Orphaned currency: the odd case of Somali shillings (2013) - rargulati
https://jpkoning.blogspot.com/2013/03/orphaned-currency-odd-case-of-somali.html
======
bane
I collect world and some historic currency as a small side hobby and have
maybe over a thousand pieces. Most of them are worthless in value but many of
them are sources of interesting analysis about the societies that produced
them.

What I find particularly interesting is the notion that most governments have
maybe around a dozen different pieces of currency they issue, and have to
decide what goes on them. Thus it's an interesting insight into the values the
government wishes to promote to users of the money. For example, money in many
developing nations shows images of large infrastructure projects to
demonstrate and communicate some kind of progress and thus justify to the the
citizens and users of the money that they should stay in a position of power.

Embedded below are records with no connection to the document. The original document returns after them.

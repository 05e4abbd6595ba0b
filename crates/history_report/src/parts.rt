//! The first part of a history, which leads to the rest by a link.

ghost use Rattle.std.specs.Prelude.{◌≡◌, ◌↔◌, ◌++◌, IsTrue, true, map, slice_get, OnErr, MatchResult};
ghost use Rattle.archive.specs.Store.{IsAskedWithin};
ghost use Rattle.history_report.specs.Reports.{values_asked, changes_asked};
ghost use Rattle.history_report.specs.Paging.{values_left, changes_left};
ghost use Rattle.history_report.specs.Parts.{part_up_to, end_between, HasOne, HasTextless, IsFirstPart, PartHasTextless, AreCrowded, AsksForPart, IsPartEnd, AreFirstTimes};

use crate::fault::{PartFault, ReportFault};
use crate::pages::{Pages, next_changes, next_values};
use crate::portions::Portions;
use crate::report::{Next, Report};
use crate::rows::Row;
use crate::span::span_of;
use archive::Archive;
use records::{Entry, Held, Moment};
use std::alloc::Global;

/// The most rows of a part.
const MOST: usize = 500;

/// How many times are seen: those of a part's rows, and the next one's.
const SEEN: usize = 501;

/// The time at a place.
fn time_at(times: &[Moment], place: usize) -> Option<Moment>
    ensures { result ≡ slice_get times.now place }
{
    match times.get(place) {
        Some(time) => Some(*time),
        None => None,
    }
}

/// Appends the times of some rows.
fn push_times<T: Row>(rows: &[T], times: &mut Vec<Moment>) -> Result<(), PartFault>
    ensures { MatchResult result
        (λ done. times.new.items ≡ times.old.items ++ map T.time_of rows.now)
        (λ why. why ≡ PartFault.Report ReportFault.OutOfMemory) }
{
    for row in rows {
        match times.push(row.time()) {
            Ok(()) => {}
            Err(_) => return Err(PartFault::Report(ReportFault::OutOfMemory)),
        }
    }
    Ok(())
}

/// The times of the first live values of these pages: of all of them, or of 501 at least. Of the
/// values themselves no more than a page is in memory.
fn value_times<A: Archive>(
    alloc: Global,
    archive: &mut A,
    report: &Report,
    mut pages: Pages,
) -> Result<Vec<Moment>, PartFault>
    ensures reads { AsksForPart (A.state archive.old) (A.state archive.new) result (λ R. ⊥) (λ R. ⊥)
        (λ times R. AreFirstTimes (map (λ h. h.time) (values_left report.now.node pages R))
        times.items) }
    ensures asked { IsAskedWithin 8 (A.asked archive.old) (A.asked archive.new) }
{
    let mut times = Vec::new(alloc);
    for _ in 0..SEEN {
        let page = match next_values(alloc, archive, report, &mut pages) {
            Ok(page) => page,
            Err(fault) => return Err(PartFault::Report(ReportFault::Store(fault))),
        };
        let rows = page.as_slice();
        if rows.is_empty() {
            return Ok(times);
        }
        match push_times(rows, &mut times) {
            Ok(()) => {}
            Err(fault) => return Err(fault),
        }
        if times.len() >= SEEN {
            return Ok(times);
        }
    }
    Ok(times)
}

/// The times of the first modifications of these pages: of all of them, or of 501 at least. Of the
/// modifications themselves no more than a page is in memory.
fn change_times<A: Archive>(
    alloc: Global,
    archive: &mut A,
    report: &Report,
    mut pages: Pages,
) -> Result<Vec<Moment>, PartFault>
    ensures reads { AsksForPart (A.state archive.old) (A.state archive.new) result (λ R. ⊥) (λ R. ⊥)
        (λ times R. AreFirstTimes (map (λ e. e.time) (changes_left report.now.node pages R))
        times.items) }
    ensures asked { IsAskedWithin 8 (A.asked archive.old) (A.asked archive.new) }
{
    let mut times = Vec::new(alloc);
    for _ in 0..SEEN {
        let page = match next_changes(alloc, archive, report, &mut pages) {
            Ok(page) => page,
            Err(fault) => return Err(PartFault::Report(ReportFault::Store(fault))),
        };
        let rows = page.as_slice();
        if rows.is_empty() {
            return Ok(times);
        }
        match push_times(rows, &mut times) {
            Ok(()) => {}
            Err(fault) => return Err(fault),
        }
        if times.len() >= SEEN {
            return Ok(times);
        }
    }
    Ok(times)
}

/// The end of a first part, by the times of the first row and of the 501st: there is none where
/// these are one, and none is needed where there is no 501st.
fn end_between(first: Option<Moment>, last: Option<Moment>) -> Result<Option<Moment>, PartFault>
    ensures { result ≡ end_between first last }
{
    match (first, last) {
        (Some(first), Some(last)) => {
            if first == last {
                Err(PartFault::Crowded)
            } else {
                Ok(Some(last))
            }
        }
        _ => Ok(None),
    }
}

/// The end of the first part of the live values that a report asks for.
fn end_of_values<A: Archive>(
    alloc: Global,
    archive: &mut A,
    report: &Report,
) -> Result<Option<Moment>, PartFault>
    ensures reads { AsksForPart (A.state archive.old) (A.state archive.new) result (λ R. ⊥) (λ R. ⊥)
        (λ end R. IsPartEnd (map (λ h. h.time) (values_asked R report.now)) end) }
    ensures asked { IsAskedWithin 8 (A.asked archive.old) (A.asked archive.new) }
{
    let within = match archive.vector() {
        Ok(within) => within,
        Err(fault) => return Err(PartFault::Report(ReportFault::Store(fault))),
    };
    let pages = Pages {
        within,
        span: span_of(report),
        after: None,
    };
    match value_times(alloc, archive, report, pages) {
        Ok(times) => Ok(time_at(times.as_slice(), MOST)),
        Err(fault) => Err(fault),
    }
}

/// The end of the first part of the modifications that a report asks for.
fn end_of_changes<A: Archive>(
    alloc: Global,
    archive: &mut A,
    report: &Report,
) -> Result<Option<Moment>, PartFault>
    ensures reads { AsksForPart (A.state archive.old) (A.state archive.new) result
        (λ R. AreCrowded (changes_asked R report.now)) (λ R. ⊥)
        (λ end R. IsPartEnd (map (λ e. e.time) (changes_asked R report.now)) end) }
    ensures asked { IsAskedWithin 8 (A.asked archive.old) (A.asked archive.new) }
{
    let within = match archive.vector() {
        Ok(within) => within,
        Err(fault) => return Err(PartFault::Report(ReportFault::Store(fault))),
    };
    let pages = Pages {
        within,
        span: span_of(report),
        after: None,
    };
    let found = match change_times(alloc, archive, report, pages) {
        Ok(times) => times,
        Err(fault) => return Err(fault),
    };
    let times = found.as_slice();
    end_between(time_at(times, 0), time_at(times, MOST))
}

/// The end of the first part of a report.
fn end_of<A: Archive>(
    alloc: Global,
    archive: &mut A,
    report: &Report,
) -> Result<Option<Moment>, PartFault>
    ensures reads { AsksForPart (A.state archive.old) (A.state archive.new) result
        (λ R. (report.now.changes ≡ true) × AreCrowded (changes_asked R report.now)) (λ R. ⊥)
        (λ end R. IsFirstPart R report.now (part_up_to report.now end)) }
    ensures asked { IsAskedWithin 8 (A.asked archive.old) (A.asked archive.new) }
{
    if report.changes {
        end_of_changes(alloc, archive, report)
    } else {
        end_of_values(alloc, archive, report)
    }
}

/// The part of a report before a moment, with a link to the rest; all of it where there is none.
fn part_up_to(report: Report, end: Option<Moment>) -> Report
    ensures { result ≡ part_up_to report end }
{
    let mut part = report;
    if let Some(time) = end {
        part.next = Some(Next {
            from: time,
            to: part.to,
        });
        part.to = Some(time);
    }
    part
}

/// Whether one of these rows shows a value that has no text.
fn one_lacks_text<T: Row>(rows: &[T]) -> bool
    ensures { IsTrue result ↔ HasOne T.is_textless rows.now }
{
    for row in rows {
        if row.lacks_text() {
            return true;
        }
    }
    false
}

/// Sees that each value that the rows of these pages show has a text. It asks for all of them, a
/// page at a time, and keeps none; the archive stays as it is.
///
/// Errors, each in `Report`: `NoText` where a value has none, `Store` where the archive met a fault
/// of its store, `OutOfMemory` where the pages don't end. So `Ok` says that each value has a text.
fn check_rows<A: Archive, T: Row + Drop>(
    alloc: Global,
    archive: &mut A,
    report: &Report,
    mut pages: Pages,
) -> Result<(), PartFault>
    ensures reads { AsksForPart (A.state archive.old) (A.state archive.new) result (λ R. ⊥)
        (λ R. HasOne T.is_textless (T.left_of report.now.node pages R))
        (λ done R. ¬ HasOne T.is_textless (T.left_of report.now.node pages R)) }
    ensures asked { IsAskedWithin 8 (A.asked archive.old) (A.asked archive.new) }
{
    for _ in 0..u64::MAX {
        let page = match T::next_page(alloc, archive, report, &mut pages) {
            Ok(page) => page,
            Err(fault) => return Err(PartFault::Report(ReportFault::Store(fault))),
        };
        let rows = page.as_slice();
        if rows.is_empty() {
            return Ok(());
        }
        if one_lacks_text(rows) {
            return Err(PartFault::Report(ReportFault::NoText));
        }
    }
    Err(PartFault::Report(ReportFault::OutOfMemory))
}

/// Sees that each value that the rows of a report show has a text, of the records that the archive
/// holds now; the archive stays as it is. Nothing is made of the rows.
///
/// Errors, each in `Report`: `NoText` where a value has none, `Store` where the archive met a fault
/// of its store, `OutOfMemory` where its pages don't end. So `Ok` says that each value has a text.
fn check_report<A: Archive>(
    alloc: Global,
    archive: &mut A,
    report: &Report,
) -> Result<(), PartFault>
    ensures reads { AsksForPart (A.state archive.old) (A.state archive.new) result (λ R. ⊥)
        (λ R. HasTextless R report.now) (λ done R. ¬ HasTextless R report.now) }
    ensures asked { IsAskedWithin 8 (A.asked archive.old) (A.asked archive.new) }
{
    let within = match archive.vector() {
        Ok(within) => within,
        Err(fault) => return Err(PartFault::Report(ReportFault::Store(fault))),
    };
    let pages = Pages {
        within,
        span: span_of(report),
        after: None,
    };
    if report.changes {
        check_rows::<A, Entry>(alloc, archive, report, pages)
    } else {
        check_rows::<A, Held>(alloc, archive, report, pages)
    }
}

impl Portions {
    ghost use Rattle.history_report.specs.Portions.{BeginsPart};

    /// Begins the first part of a history, of at most 500 values or modifications. Before it
    /// appends anything it finds where the part ends, and sees that each value that its rows show
    /// has a text. Then it appends the part's header alone, a page's with the drawing of that
    /// part's values: the rows and the footer come by `next`, of the records that the archive holds
    /// now.
    ///
    /// Where there are more than 500, the part ends before the time of the 501st, and a page's
    /// header has a link to the history from that moment on; else the part is all of the history.
    /// The archive stays as it is. At most eight values are in memory at a time, and the times of
    /// 508.
    ///
    /// Errors, after which nothing is appended: `Crowded` where the first 501 modifications are of
    /// one moment, for a part ends between two moments; and `Report` with `NoText` where a value
    /// that the part shows has no text, with `Store` where the archive met a fault of its store,
    /// with `OutOfMemory` where memory was wanting. It is never `Report` with `Write`.
    pub fn begin_part<A: Archive>(
        alloc: Global,
        archive: &mut A,
        report: Report,
        out: &mut Vec<u8>,
    ) -> Result<Portions, PartFault>
        ensures begins { AsksForPart (A.state archive.old) (A.state archive.new) result
            (λ R. (report.changes ≡ true) × AreCrowded (changes_asked R report))
            (λ R. PartHasTextless R report)
            (λ left R. BeginsPart report left R out.old.items out.new.items) }
        ensures kept { OnErr result (out.new.items ≡ out.old.items) }
        ensures asked { IsAskedWithin 8 (A.asked archive.old) (A.asked archive.new) }
    {
        let end = match end_of(alloc, archive, &report) {
            Ok(end) => end,
            Err(fault) => return Err(fault),
        };
        let part = part_up_to(report, end);
        match check_report(alloc, archive, &part) {
            Ok(()) => {}
            Err(fault) => return Err(fault),
        }
        match Portions::begin(alloc, archive, part, out) {
            Ok(portions) => Ok(portions),
            Err(fault) => Err(PartFault::Report(fault)),
        }
    }
}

In my collection are several orphaned currencies no longer used in any
capacity like Japanese occupation Philippine Pesos that look almost exactly
like U.S. dollars from the era. Why? I don't know all of the reasons, but it's
interesting to contemplate how _quickly_ after occupation these were produced,
the decision to use Pesos instead of Dollars or Yen or some other alternative.
[1]

Another interesting currency I have is a coin known as a Maria Theresa Thaler
(MTT) [2] -- and for historic reasons that will become apparent, probably a
counterfit, but was still traded. There's a long and interesting history about
the coin, but the 1780 minting (or rather coins with the year of 1780 on them)
became an important currency throughout many parts of the world long after the
Austrian-Hungarian Empire was no longer in existence. In some areas, Merchants
would not accept any other currency than 1780 MTTs and in a few areas is
_still_ used. However, due to this popularity it was often copied,
counterfeited or otherwise minted by various groups and governments long after
1780. You can still by proof coins from the Austrian Mint to this day.

1 - [https://en.wikipedia.org/wiki/Japanese_government-
issued_Phi...](https://en.wikipedia.org/wiki/Japanese_government-
issued_Philippine_peso)

2 -
[https://en.wikipedia.org/wiki/Maria_Theresa_thaler](https://en.wikipedia.org/wiki/Maria_Theresa_thaler)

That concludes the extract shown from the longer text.